§ Your task: The records that follow must be repeated exactly as they stand.
++++
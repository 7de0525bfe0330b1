// What a builder holds and what each call does to it: definitions in specs/ and laws in proofs/, with no function.
#![tactic(auto)]

use layout::kind::Kind;
use layout::refusal::Refusal;
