//! Sources and their tokens.

use crate::rows::{bytes_of, repeated, text_of};
use obq_base::limits::SOURCE_LIMIT;
use obq_base::{Token, TokenKind};
use obq_lex::{LexRefused, lex};
use obq_tables::{KEYWORDS, find, keyword_rows, symbol_rows};
use std::alloc::{AllocError, Global};
use std::io;

/// So many tokens of a source are shown at most.
const SHOWN: usize = 16;
/// So many tokens of a long source are shown at most.
const SHOWN_OF_LONG: usize = 2;
/// A text of more bytes isn't shown.
const SHORT: usize = 40;

/// The place of words in the table of keywords.
pub fn print_keywords(rt: &impl Print) -> io::Result<()> {
    for word in ["meth", "method", ""] {
        match find(&KEYWORDS, word.as_bytes()) {
            Some(row) => {
                let text = KEYWORDS[row].text;
                println!(rt; "{word:?} is keyword {row}, {text}")?;
            }
            None => println!(rt; "{word:?} is no keyword")?,
        }
    }
    Ok(())
}

fn show_text(out: &mut String, bytes: &[u8]) -> Result<(), AllocError> {
    if bytes.len() > SHORT {
        let count = bytes.len();
        return write!(out, "text of {count} bytes");
    }
    let text = text_of(bytes);
    write!(out, "text {text:?}")
}

fn show(out: &mut String, token: &Token) -> Result<(), AllocError> {
    match &token.kind {
        TokenKind::Name(name) => {
            let name = text_of(name.as_bytes());
            write!(out, "name {name}")?;
        }
        TokenKind::Int(value) => write!(out, "{value}")?,
        TokenKind::Text(text) => show_text(out, text.as_bytes())?,
        TokenKind::Keyword(row) => match keyword_rows().get(*row as usize) {
            Some(keyword) => out.push_str(keyword.text)?,
            None => out.push_str("no keyword")?,
        },
        TokenKind::Symbol(row) => match symbol_rows().get(*row as usize) {
            Some(symbol) => out.push_str(symbol.text)?,
            None => out.push_str("no symbol")?,
        },
        TokenKind::EndOfSource => out.push_str("end of source")?,
    }
    let place = token.place;
    write!(out, "@{place}")
}

/// The last tokens, at most so many, each with its place.
fn shown_tokens(alloc: Global, tokens: &[Token], most: usize) -> Result<String, AllocError> {
    let mut out = String::new(alloc);
    let skipped = tokens.len().saturating_sub(most);
    if skipped > 0 {
        write!(out, " {skipped} tokens and")?;
    }
    for token in tokens.iter().skip(skipped) {
        out.push(' ')?;
        show(&mut out, token)?;
    }
    Ok(out)
}

/// Prints a row with the last tokens of its source, at most so many, or its fault.
fn print_tokens(
    rt: &impl Print,
    alloc: Global,
    row: &str,
    source: &[u8],
    most: usize,
) -> io::Result<()> {
    if source.len() > SOURCE_LIMIT {
        return println!(rt; "{row}  =>  too long a source");
    }
    match lex(alloc, source) {
        Ok(tokens) => {
            let found = shown_tokens(alloc, &tokens, most)?;
            println!(rt; "{row}  => {found}")
        }
        Err(LexRefused::Fault { kind, place }) => println!(rt; "{row}  =>  {kind:?} at {place}"),
        Err(LexRefused::NoMemory) => println!(rt; "{row}  =>  no memory"),
    }
}

/// Sources, a line each.
pub fn print_sources(rt: &impl Print, alloc: Global, rows: &str) -> io::Result<()> {
    for row in rows.trim_end_matches('\n').split('\n') {
        let source = bytes_of(alloc, row)?;
        print_tokens(rt, alloc, row, &source, SHOWN)?;
    }
    Ok(())
}

/// Sources by their parts, a line each.
pub fn print_long_sources(rt: &impl Print, alloc: Global, rows: &str) -> io::Result<()> {
    for row in rows.trim_end_matches('\n').split('\n') {
        let source = repeated(alloc, row)?;
        print_tokens(rt, alloc, row, &source, SHOWN_OF_LONG)?;
    }
    Ok(())
}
++++
§ Worked solution:
repository 7de0525bfe0330b1
// What a builder holds and what each call does to it: definitions in specs/ and laws in proofs/, with no function.
#![tactic(auto)]

use layout::kind::Kind;
use layout::refusal::Refusal;
//! Sources and their tokens.

use crate::rows::{bytes_of, repeated, text_of};
use obq_base::limits::SOURCE_LIMIT;
use obq_base::{Token, TokenKind};
use obq_lex::{LexRefused, lex};
use obq_tables::{KEYWORDS, find, keyword_rows, symbol_rows};
use std::alloc::{AllocError, Global};
use std::io;

/// So many tokens of a source are shown at most.
const SHOWN: usize = 16;
/// So many tokens of a long source are shown at most.
const SHOWN_OF_LONG: usize = 2;
/// A text of more bytes isn't shown.
const SHORT: usize = 40;

/// The place of words in the table of keywords.
pub fn print_keywords(rt: &impl Print) -> io::Result<()> {
    for word in ["meth", "method", ""] {
        match find(&KEYWORDS, word.as_bytes()) {
            Some(row) => {
                let text = KEYWORDS[row].text;
                println!(rt; "{word:?} is keyword {row}, {text}")?;
            }
            None => println!(rt; "{word:?} is no keyword")?,
        }
    }
    Ok(())
}

fn show_text(out: &mut String, bytes: &[u8]) -> Result<(), AllocError> {
    if bytes.len() > SHORT {
        let count = bytes.len();
        return write!(out, "text of {count} bytes");
    }
    let text = text_of(bytes);
    write!(out, "text {text:?}")
}

fn show(out: &mut String, token: &Token) -> Result<(), AllocError> {
    match &token.kind {
        TokenKind::Name(name) => {
            let name = text_of(name.as_bytes());
            write!(out, "name {name}")?;
        }
        TokenKind::Int(value) => write!(out, "{value}")?,
        TokenKind::Text(text) => show_text(out, text.as_bytes())?,
        TokenKind::Keyword(row) => match keyword_rows().get(*row as usize) {
            Some(keyword) => out.push_str(keyword.text)?,
            None => out.push_str("no keyword")?,
        },
        TokenKind::Symbol(row) => match symbol_rows().get(*row as usize) {
            Some(symbol) => out.push_str(symbol.text)?,
            None => out.push_str("no symbol")?,
        },
        TokenKind::EndOfSource => out.push_str("end of source")?,
    }
    let place = token.place;
    write!(out, "@{place}")
}

/// The last tokens, at most so many, each with its place.
fn shown_tokens(alloc: Global, tokens: &[Token], most: usize) -> Result<String, AllocError> {
    let mut out = String::new(alloc);
    let skipped = tokens.len().saturating_sub(most);
    if skipped > 0 {
        write!(out, " {skipped} tokens and")?;
    }
    for token in tokens.iter().skip(skipped) {
        out.push(' ')?;
        show(&mut out, token)?;
    }
    Ok(out)
}

/// Prints a row with the last tokens of its source, at most so many, or its fault.
fn print_tokens(
    rt: &impl Print,
    alloc: Global,
    row: &str,
    source: &[u8],
    most: usize,
) -> io::Result<()> {
    if source.len() > SOURCE_LIMIT {
        return println!(rt; "{row}  =>  too long a source");
    }
    match lex(alloc, source) {
        Ok(tokens) => {
            let found = shown_tokens(alloc, &tokens, most)?;
            println!(rt; "{row}  => {found}")
        }
        Err(LexRefused::Fault { kind, place }) => println!(rt; "{row}  =>  {kind:?} at {place}"),
        Err(LexRefused::NoMemory) => println!(rt; "{row}  =>  no memory"),
    }
}

/// Sources, a line each.
pub fn print_sources(rt: &impl Print, alloc: Global, rows: &str) -> io::Result<()> {
    for row in rows.trim_end_matches('\n').split('\n') {
        let source = bytes_of(alloc, row)?;
        print_tokens(rt, alloc, row, &source, SHOWN)?;
    }
    Ok(())
}

/// Sources by their parts, a line each.
pub fn print_long_sources(rt: &impl Print, alloc: Global, rows: &str) -> io::Result<()> {
    for row in rows.trim_end_matches('\n').split('\n') {
        let source = repeated(alloc, row)?;
        print_tokens(rt, alloc, row, &source, SHOWN_OF_LONG)?;
    }
    Ok(())
}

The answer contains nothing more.